Ken Bass
2009-Nov-18 16:39 UTC
[CentOS-virt] Xen domU default gateway missing/ARP table full
I have been trying to figure out why my domU NIC becomes unreachable (could not even ping) at various times. (Normally when the server was trying to update clamav from the various busy mirrors at 4am). There also seemed to be some latency when connecting which I chalked up to it being a virtual machine. When I checked my logs, I found thousands of : Nov 17 04:07:52 nomad kernel: Neighbour table overflow. and applications reporting errors such as: Nov 17 04:08:05 nomad freshclam[4085]: nonblock_connect: connect(): fd=5 errno=105: No buffer space available I am running a routed (not bridged) configuration.

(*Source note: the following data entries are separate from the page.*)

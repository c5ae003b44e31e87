ghost use Rattle.std.specs.Prelude.{◌≡◌, IfOk, take};

use crate::OutOfMemory;
use dw_base::Text;

/// The days from `first` up to and with `last`, each of eight digits.
#[derive(Debug, Drop, PartialEq, Eq)]
pub struct Days {
    pub first: Text,
    pub last: Text,
}

impl Days {
    ghost use Rattle.dw_event.specs.Wanted.{is_in_range};

    /// Whether a shard, whose name begins with the eight digits of its day, is of one of the days.
    pub fn hold(&self, shard: &str) -> bool
        ensures { result ≡ is_in_range self.now shard.now }
    {
        let day = first_eight(shard.as_bytes());
        self.first.as_str().as_bytes().cmp(day).is_le()
            && day.cmp(self.last.as_str().as_bytes()).is_le()
    }

    pub fn copy(&self) -> Result<Days, OutOfMemory>
        ensures { IfOk result (λ d. d ≡ self.now) }
    {
        Ok(Days {
            first: self.first.copy()?,
            last: self.last.copy()?,
        })
    }
}

fn first_eight(bytes: &[u8]) -> &[u8]
    ensures { result.now ≡ take 8 bytes.now }
{
    if bytes.len() < 8 { bytes } else { &bytes[..8] }
}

What I figured out is that each Centos 5.4 domU is maintaining an ARP table. That table is filling up which causes the network to be unreachable until entries are purged from the cache. Since this is a routed configuration, the ARP table should really only consist of two or three entries, my domU, my dom0, and the gateway. It appears the networking-scripts until Centos are ignoring the GATEWAY entry. I end up with route of: 169.254.0.0 * 255.255.0.0 U 0 0 0 eth0 default * 0.0.0.0 U 0 0 0 eth0 The default route should be the specific IP address in my /etc/sysconfig/network file. When I manually add the route, the arp table issue is fixed. The network stack no longer trys to query an arp entry for every IP address. I found this bug at Xen which was closed as INVALID saying 'Centos is broken'. That was from 2006. http://bugzilla.xensource.com/bugzilla/show_bug.cgi?id=596 Any ideas on what is broken and what the correct fix is? Right now, I just added /sbin/route add -net 0.0.0.0 netmask 0.0.0.0 gw x.x.x.x to my /etc/rc.local which seems like a hack solution.
Pasi Kärkkäinen
2009-Nov-19 12:23 UTC
[CentOS-virt] Xen domU default gateway missing/ARP table full
On Wed, Nov 18, 2009 at 11:39:24AM -0500, Ken Bass wrote:> I have been trying to figure out why my domU NIC becomes unreachable > (could not even ping) at various times. (Normally when the server was > trying to update clamav from the various busy mirrors at 4am). There > also seemed to be some latency when connecting which I chalked up to it > being a virtual machine. > > When I checked my logs, I found thousands of : > Nov 17 04:07:52 nomad kernel: Neighbour table overflow. > and applications reporting errors such as: > Nov 17 04:08:05 nomad freshclam[4085]: nonblock_connect: connect(): fd=5 > errno=105: No buffer space available > > I am running a routed (not bridged) configuration. > > What I figured out is that each Centos 5.4 domU is maintaining an ARP > table. That table is filling up which causes the network to be > unreachable until entries are purged from the cache. Since this is a > routed configuration, the ARP table should really only consist of two or > three entries, my domU, my dom0, and the gateway. > > It appears the networking-scripts until Centos are ignoring the GATEWAY > entry. I end up with route of: > 169.254.0.0 * 255.255.0.0 U 0 0 0 eth0 > default * 0.0.0.0 U 0 0 0 eth0 > > The default route should be the specific IP address in my > /etc/sysconfig/network file. When I manually add the route, the arp > table issue > is fixed. The network stack no longer trys to query an arp entry for > every IP address. > > I found this bug at Xen which was closed as INVALID saying 'Centos is > broken'. That was from 2006. > http://bugzilla.xensource.com/bugzilla/show_bug.cgi?id=596 > > Any ideas on what is broken and what the correct fix is? Right now, I > just added > > /sbin/route add -net 0.0.0.0 netmask 0.0.0.0 gw x.x.x.x > > to my /etc/rc.local which seems like a hack solution. >I usually specify the default gateway in /etc/sysconfig/network-scripts/ifcfg-eth0 and it works just fine. -- Pasi
Ed Heron
2009-Nov-19 17:37 UTC
[CentOS-virt] Xen domU default gateway missing/ARP table full
I was slightly confused about this thread until I realized you were using static IP config on your VM's... Why do people do that? I have an extra step of picking up the HW address (or setting the HW address when creating the VM) and putting it into my dhcp configuration, but then I have all of my hosts in a single file and I can change the network configuration of my whole network in a single place. I realize that my DHCP server becomes a single point of failure, but with a reasonably long retrain time the DHCP server going down won't effect any workstations for as much as several hours (as long as nothing reboots). Also, there are ways of having fault tolerance with DHCP, the easiest would be to have a non running VM with a copy of the data.